Bray agreed that innovation has an important role to play in shaping consumption patterns, pointing to the rise of meal kit demand during the COVID pandemic and the future potential on offer from personalised nutrition solutions.

She believes the innovation response needs to be mindful of the changing consumption patterns witnessed across Europe in recent decades and the need to carve out spaces for fruit and veg within these emerging patterns. “We graze a lot. We don’t sit down and eat three meals a day… The food-to-go aisle doesn’t have a lot of fruit and veg in it,”​ Bray noted.

“In the West, we are always looking at how people can change with minimal impact on their lifestyle.

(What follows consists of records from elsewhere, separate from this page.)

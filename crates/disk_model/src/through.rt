ghost use Rattle.std.specs.Prelude.{◌≡◌, ◌<◌, ◌≤◌, ◌+◌, ◌^◌, ℕ, List, Some, length, take, OnOk, IfSome, is_some, option_map};
ghost use Rattle.io_edges.specs.Causes.{HasCause};
ghost use Rattle.disk_model.specs.Disk.{written, Torn, TornTwice, Cut, IsSettled, LeavesOnly};

use crate::disk::Disk;
use io_edges::Failed;

/// Writes a piece from `at` on, and makes it last: after `Ok` each crash leaves the bytes with the
/// piece in them. Where the disk is settled before (a crash leaves what a read gives), a crash
/// within the call leaves any bytes in its place and the others as they were, whatever the answer.
///
/// `Failed` comes only where the disk's count of faults rose in this call.
pub fn write_through<D: Disk>(disk: &mut D, at: u64, piece: &[u8]) -> Result<(), Failed>
    requires begins { IfSome (D.told disk.old) (λ bytes. at ≤ length bytes) }
    requires within { at + length piece.now < 2 ^ 63 }
    ensures done { OnOk result (D.told disk.new ≡ option_map (written at piece.now) (D.told disk.old)) }
    ensures lasts { OnOk result (IsSettled D.told D.may_leave disk.new) }
    ensures any_moment { (bytes : List ℕ) → D.told disk.old ≡ Some bytes → IsSettled D.told D.may_leave disk.old
        → LeavesOnly D.moment D.left_since D.may_leave disk.old disk.new (Torn at (length piece.now) bytes) }
    ensures tells { is_some (D.told disk.new) ≡ is_some (D.told disk.old) }
    ensures later { D.moment disk.old ≤ D.moment disk.new }
    ensures cause { HasCause (D.faults disk.old) (D.faults disk.new) result }
{
    disk.write_at(at, piece)?;
    disk.sync()
}

/// Writes two pieces, each from a place within the bytes on, and makes them last together: after `Ok` each crash leaves the
/// bytes with both in them. Where the disk is settled before (a crash leaves what a read gives), a crash within the call
/// leaves any bytes in their places and the others as they were, whatever the answer.
///
/// `Failed` comes only where the disk's count of faults rose in this call.
pub fn write_two_through<D: Disk>(
    disk: &mut D,
    first_at: u64,
    first: &[u8],
    second_at: u64,
    second: &[u8],
) -> Result<(), Failed>
    requires begins { IfSome (D.told disk.old) (λ bytes. first_at ≤ length bytes) }
    requires second_begins { IfSome (D.told disk.old) (λ bytes. second_at ≤ length bytes) }
    requires within { first_at + length first.now < 2 ^ 63 }
    requires second_within { second_at + length second.now < 2 ^ 63 }
    ensures done { OnOk result (D.told disk.new ≡ option_map (λ bytes. written second_at second.now (written first_at first.now bytes)) (D.told disk.old)) }
    ensures lasts { OnOk result (IsSettled D.told D.may_leave disk.new) }
    ensures any_moment { (bytes : List ℕ) → D.told disk.old ≡ Some bytes → IsSettled D.told D.may_leave disk.old
        → LeavesOnly D.moment D.left_since D.may_leave disk.old disk.new (TornTwice first_at (length first.now) second_at (length second.now) bytes) }
    ensures tells { is_some (D.told disk.new) ≡ is_some (D.told disk.old) }
    ensures later { D.moment disk.old ≤ D.moment disk.new }
    ensures cause { HasCause (D.faults disk.old) (D.faults disk.new) result }
{
    disk.write_at(first_at, first)?;
    disk.write_at(second_at, second)?;
    disk.sync()
}

/// Cuts the bytes off from `end` on, and makes that last: after `Ok` each crash leaves the bytes
/// before `end`. Where the disk is settled before (a crash leaves what a read gives), a crash
/// within the call leaves an end somewhere between, whatever the answer.
///
/// `Failed` comes only where the disk's count of faults rose in this call.
pub fn cut_through<D: Disk>(disk: &mut D, end: u64) -> Result<(), Failed>
    requires ends { IfSome (D.told disk.old) (λ bytes. end ≤ length bytes) }
    requires within { end < 2 ^ 63 }
    ensures done { OnOk result (D.told disk.new ≡ option_map (take end) (D.told disk.old)) }
    ensures lasts { OnOk result (IsSettled D.told D.may_leave disk.new) }
    ensures any_moment { (bytes : List ℕ) → D.told disk.old ≡ Some bytes → IsSettled D.told D.may_leave disk.old
        → LeavesOnly D.moment D.left_since D.may_leave disk.old disk.new (Cut end bytes) }
    ensures tells { is_some (D.told disk.new) ≡ is_some (D.told disk.old) }
    ensures later { D.moment disk.old ≤ D.moment disk.new }
    ensures cause { HasCause (D.faults disk.old) (D.faults disk.new) result }
{
    disk.cut(end)?;
    disk.sync()
}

Innovation is a great way… A lot of innovation will benefit the privileged few. [But] over time these things get integrated at a population [level].”

Does plant-based centre-plate protein innovation have a role to play? 

For Bray, the plant-based processed food sector has a lot of issues to resolve before it can be seen as part of the solution. 

"There has been a real debate around ultra processing and processed foods... Just because you can [process a food] does it mean you should? If we are constantly pushing people down the path of more plant-based food we need to make sure the nutrition is balanced."

Highlighting the importance of the amino acid profile of plant-based options used to replace meat, she noted 'we are at the start of this process'. 

"More plant-based companies are looking to see how they can increase their nutritional profile. But many are starting from such a low base, if they just balanced their carbohydrates and fats - let alone amino acids - it would be an improvement."